%%
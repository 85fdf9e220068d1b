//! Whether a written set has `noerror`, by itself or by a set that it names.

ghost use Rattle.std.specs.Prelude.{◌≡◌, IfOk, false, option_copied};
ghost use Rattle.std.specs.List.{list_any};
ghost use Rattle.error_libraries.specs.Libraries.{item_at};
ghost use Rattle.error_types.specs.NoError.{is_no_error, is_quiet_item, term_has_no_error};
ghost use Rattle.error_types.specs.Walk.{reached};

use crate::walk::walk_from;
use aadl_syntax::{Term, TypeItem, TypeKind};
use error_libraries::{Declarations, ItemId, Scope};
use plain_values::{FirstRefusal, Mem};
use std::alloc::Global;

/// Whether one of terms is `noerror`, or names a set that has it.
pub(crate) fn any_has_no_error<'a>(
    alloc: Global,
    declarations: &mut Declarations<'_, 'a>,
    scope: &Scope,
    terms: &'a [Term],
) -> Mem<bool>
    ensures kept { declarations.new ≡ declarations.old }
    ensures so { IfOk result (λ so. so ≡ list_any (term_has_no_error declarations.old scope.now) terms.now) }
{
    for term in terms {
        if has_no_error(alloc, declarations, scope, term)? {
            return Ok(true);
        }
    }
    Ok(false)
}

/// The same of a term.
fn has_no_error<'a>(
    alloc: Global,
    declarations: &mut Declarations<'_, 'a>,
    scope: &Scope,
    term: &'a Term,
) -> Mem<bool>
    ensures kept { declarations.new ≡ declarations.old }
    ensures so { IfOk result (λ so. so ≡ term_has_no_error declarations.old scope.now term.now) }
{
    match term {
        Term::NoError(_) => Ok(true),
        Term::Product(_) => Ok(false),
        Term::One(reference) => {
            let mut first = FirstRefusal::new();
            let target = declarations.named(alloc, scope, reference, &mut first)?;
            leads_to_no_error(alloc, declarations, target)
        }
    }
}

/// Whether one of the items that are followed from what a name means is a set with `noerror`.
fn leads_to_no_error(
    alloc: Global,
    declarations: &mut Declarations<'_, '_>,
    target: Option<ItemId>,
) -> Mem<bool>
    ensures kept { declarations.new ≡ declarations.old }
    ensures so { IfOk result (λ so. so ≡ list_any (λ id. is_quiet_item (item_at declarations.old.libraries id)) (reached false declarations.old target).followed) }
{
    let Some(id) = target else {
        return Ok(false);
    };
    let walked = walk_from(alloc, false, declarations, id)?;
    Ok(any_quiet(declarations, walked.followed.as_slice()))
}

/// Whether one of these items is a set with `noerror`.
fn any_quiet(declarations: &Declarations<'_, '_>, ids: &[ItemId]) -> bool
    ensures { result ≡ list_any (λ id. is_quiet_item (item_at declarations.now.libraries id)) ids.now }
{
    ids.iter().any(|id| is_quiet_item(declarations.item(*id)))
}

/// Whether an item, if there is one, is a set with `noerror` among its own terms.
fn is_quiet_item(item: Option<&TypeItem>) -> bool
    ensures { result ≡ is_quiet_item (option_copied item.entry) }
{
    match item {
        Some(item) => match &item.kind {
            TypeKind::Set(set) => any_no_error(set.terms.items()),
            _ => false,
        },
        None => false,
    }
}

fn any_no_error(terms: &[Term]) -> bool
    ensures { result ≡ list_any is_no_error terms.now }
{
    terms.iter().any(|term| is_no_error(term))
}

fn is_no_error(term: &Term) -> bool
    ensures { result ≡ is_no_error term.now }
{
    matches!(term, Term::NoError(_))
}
%%
* [TASK ITEM]: Give an exact transcription of all the material.

* [SOLUTION FOR THIS TASK]:
repository 85fdf9e220068d1b
//! Whether a written set has `noerror`, by itself or by a set that it names.

ghost use Rattle.std.specs.Prelude.{◌≡◌, IfOk, false, option_copied};
ghost use Rattle.std.specs.List.{list_any};
ghost use Rattle.error_libraries.specs.Libraries.{item_at};
ghost use Rattle.error_types.specs.NoError.{is_no_error, is_quiet_item, term_has_no_error};
ghost use Rattle.error_types.specs.Walk.{reached};

use crate::walk::walk_from;
use aadl_syntax::{Term, TypeItem, TypeKind};
use error_libraries::{Declarations, ItemId, Scope};
use plain_values::{FirstRefusal, Mem};
use std::alloc::Global;

/// Whether one of terms is `noerror`, or names a set that has it.
pub(crate) fn any_has_no_error<'a>(
    alloc: Global,
    declarations: &mut Declarations<'_, 'a>,
    scope: &Scope,
    terms: &'a [Term],
) -> Mem<bool>
    ensures kept { declarations.new ≡ declarations.old }
    ensures so { IfOk result (λ so. so ≡ list_any (term_has_no_error declarations.old scope.now) terms.now) }
{
    for term in terms {
        if has_no_error(alloc, declarations, scope, term)? {
            return Ok(true);
        }
    }
    Ok(false)
}

/// The same of a term.
fn has_no_error<'a>(
    alloc: Global,
    declarations: &mut Declarations<'_, 'a>,
    scope: &Scope,
    term: &'a Term,
) -> Mem<bool>
    ensures kept { declarations.new ≡ declarations.old }
    ensures so { IfOk result (λ so. so ≡ term_has_no_error declarations.old scope.now term.now) }
{
    match term {
        Term::NoError(_) => Ok(true),
        Term::Product(_) => Ok(false),
        Term::One(reference) => {
            let mut first = FirstRefusal::new();
            let target = declarations.named(alloc, scope, reference, &mut first)?;
            leads_to_no_error(alloc, declarations, target)
        }
    }
}

/// Whether one of the items that are followed from what a name means is a set with `noerror`.
fn leads_to_no_error(
    alloc: Global,
    declarations: &mut Declarations<'_, '_>,
    target: Option<ItemId>,
) -> Mem<bool>
    ensures kept { declarations.new ≡ declarations.old }
    ensures so { IfOk result (λ so. so ≡ list_any (λ id. is_quiet_item (item_at declarations.old.libraries id)) (reached false declarations.old target).followed) }
{
    let Some(id) = target else {
        return Ok(false);
    };
    let walked = walk_from(alloc, false, declarations, id)?;
    Ok(any_quiet(declarations, walked.followed.as_slice()))
}

/// Whether one of these items is a set with `noerror`.
fn any_quiet(declarations: &Declarations<'_, '_>, ids: &[ItemId]) -> bool
    ensures { result ≡ list_any (λ id. is_quiet_item (item_at declarations.now.libraries id)) ids.now }
{
    ids.iter().any(|id| is_quiet_item(declarations.item(*id)))
}

/// Whether an item, if there is one, is a set with `noerror` among its own terms.
fn is_quiet_item(item: Option<&TypeItem>) -> bool
    ensures { result ≡ is_quiet_item (option_copied item.entry) }
{
    match item {
        Some(item) => match &item.kind {
            TypeKind::Set(set) => any_no_error(set.terms.items()),
            _ => false,
        },
        None => false,
    }
}

fn any_no_error(terms: &[Term]) -> bool
    ensures { result ≡ list_any is_no_error terms.now }
{
    terms.iter().any(|term| is_no_error(term))
}

fn is_no_error(term: &Term) -> bool
    ensures { result ≡ is_no_error term.now }
{
    matches!(term, Term::NoError(_))
}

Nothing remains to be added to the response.